▸ **TASK**:
A complete answer lists every line of the entries below where the string "that" appears.
Start of PROVIDED DATA
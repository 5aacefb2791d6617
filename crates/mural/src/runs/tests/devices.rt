// Devices that a desk cannot be: one that is slow, and one whose input is too long for memory.

use mu_outside::{Desk, Failed, Outside};

/// A desk that moves one byte at a time.
pub(super) struct Drip {
    pub(super) desk: Desk,
}

impl Outside for Drip {
    ghost use Rattle.mu_outside.specs.Desks.{known_by, moment_of};
    ghost use Rattle.mu_outside.specs.DeskLaws.{desk_honest, desk_only_now, desk_counts_now, desk_earlier};

    ghost observed = { λ drip. known_by drip.desk };

    ghost moment = { λ drip. moment_of drip.desk };

    ghost honest = { λ drip. desk_honest drip.desk };

    ghost only_now = { λ drip. desk_only_now drip.desk };

    ghost counts_now = { λ drip. desk_counts_now drip.desk };

    ghost earlier = { λ drip. desk_earlier drip.desk };

    fn take(&mut self, buf: &mut [u8]) -> Result<usize, Failed> {
        let mut one = [0];
        let taken = self.desk.take(&mut one)?;
        buf[0] = one[0];
        Ok(taken)
    }

    fn tell(&mut self, piece: &[u8]) -> Result<usize, Failed> {
        self.desk.tell(&piece[..1])
    }

    fn attach(&mut self, path: &str) -> Result<(), Failed> {
        self.desk.attach(path)
    }

    fn length(&mut self) -> Result<u64, Failed> {
        self.desk.length()
    }

    fn read_at(&mut self, at: u64, buf: &mut [u8]) -> Result<usize, Failed> {
        self.desk.read_at(at, buf)
    }

    fn write_at(&mut self, at: u64, bytes: &[u8]) -> Result<(), Failed> {
        self.desk.write_at(at, bytes)
    }

    fn cut(&mut self, at: u64) -> Result<(), Failed> {
        self.desk.cut(at)
    }

    fn sync(&mut self) -> Result<(), Failed> {
        self.desk.sync()
    }
}

/// An input of so many blanks, in memory that does not grow with it, and a disk that always fails.
#[derive(Drop)]
pub(super) struct Blanks {
    pub(super) left: u64,
    pub(super) attached: bool,
}

impl Outside for Blanks {
    ghost use Rattle.std.specs.Prelude.{None, ◌-◌, ◌^◌};

    ghost observed = { λ blanks. record {
      left = None;
      told = None;
      disk = None;
      attached = blanks.attached;
      read_faults = 0;
      tell_faults = 0;
      disk_faults = 2 ^ 64 - 1;
      clock = 0;
    } };

    ghost moment = { λ blanks time image told. ⊥ };

    ghost honest = { λ blanks disk is. Prim.cc };

    ghost only_now = { λ blanks image told at. absurd at };

    ghost counts_now = { λ blanks image told is_image is_told. absurd is_image };

    ghost earlier = { λ blanks time later image told le within at. at };

    fn take(&mut self, buf: &mut [u8]) -> Result<usize, Failed> {
        buf.fill(b' ');
        let taken = self.left.min(buf.len() as u64);
        self.left -= taken;
        Ok(taken as usize)
    }

    fn tell(&mut self, piece: &[u8]) -> Result<usize, Failed> {
        Ok(piece.len())
    }

    fn attach(&mut self, _path: &str) -> Result<(), Failed> {
        self.attached = true;
        Ok(())
    }

    fn length(&mut self) -> Result<u64, Failed> {
        Err(Failed)
    }

    fn read_at(&mut self, _at: u64, _buf: &mut [u8]) -> Result<usize, Failed> {
        Err(Failed)
    }

    fn write_at(&mut self, _at: u64, _bytes: &[u8]) -> Result<(), Failed> {
        Err(Failed)
    }

    fn cut(&mut self, _at: u64) -> Result<(), Failed> {
        Err(Failed)
    }

    fn sync(&mut self) -> Result<(), Failed> {
        Err(Failed)
    }
}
End of PROVIDED DATA
▸ **RESULT OF THE TASK**:
// Devices that a desk cannot be: one that is slow, and one whose input is too long for memory.
/// A desk that moves one byte at a time.
/// An input of so many blanks, in memory that does not grow with it, and a disk that always fails.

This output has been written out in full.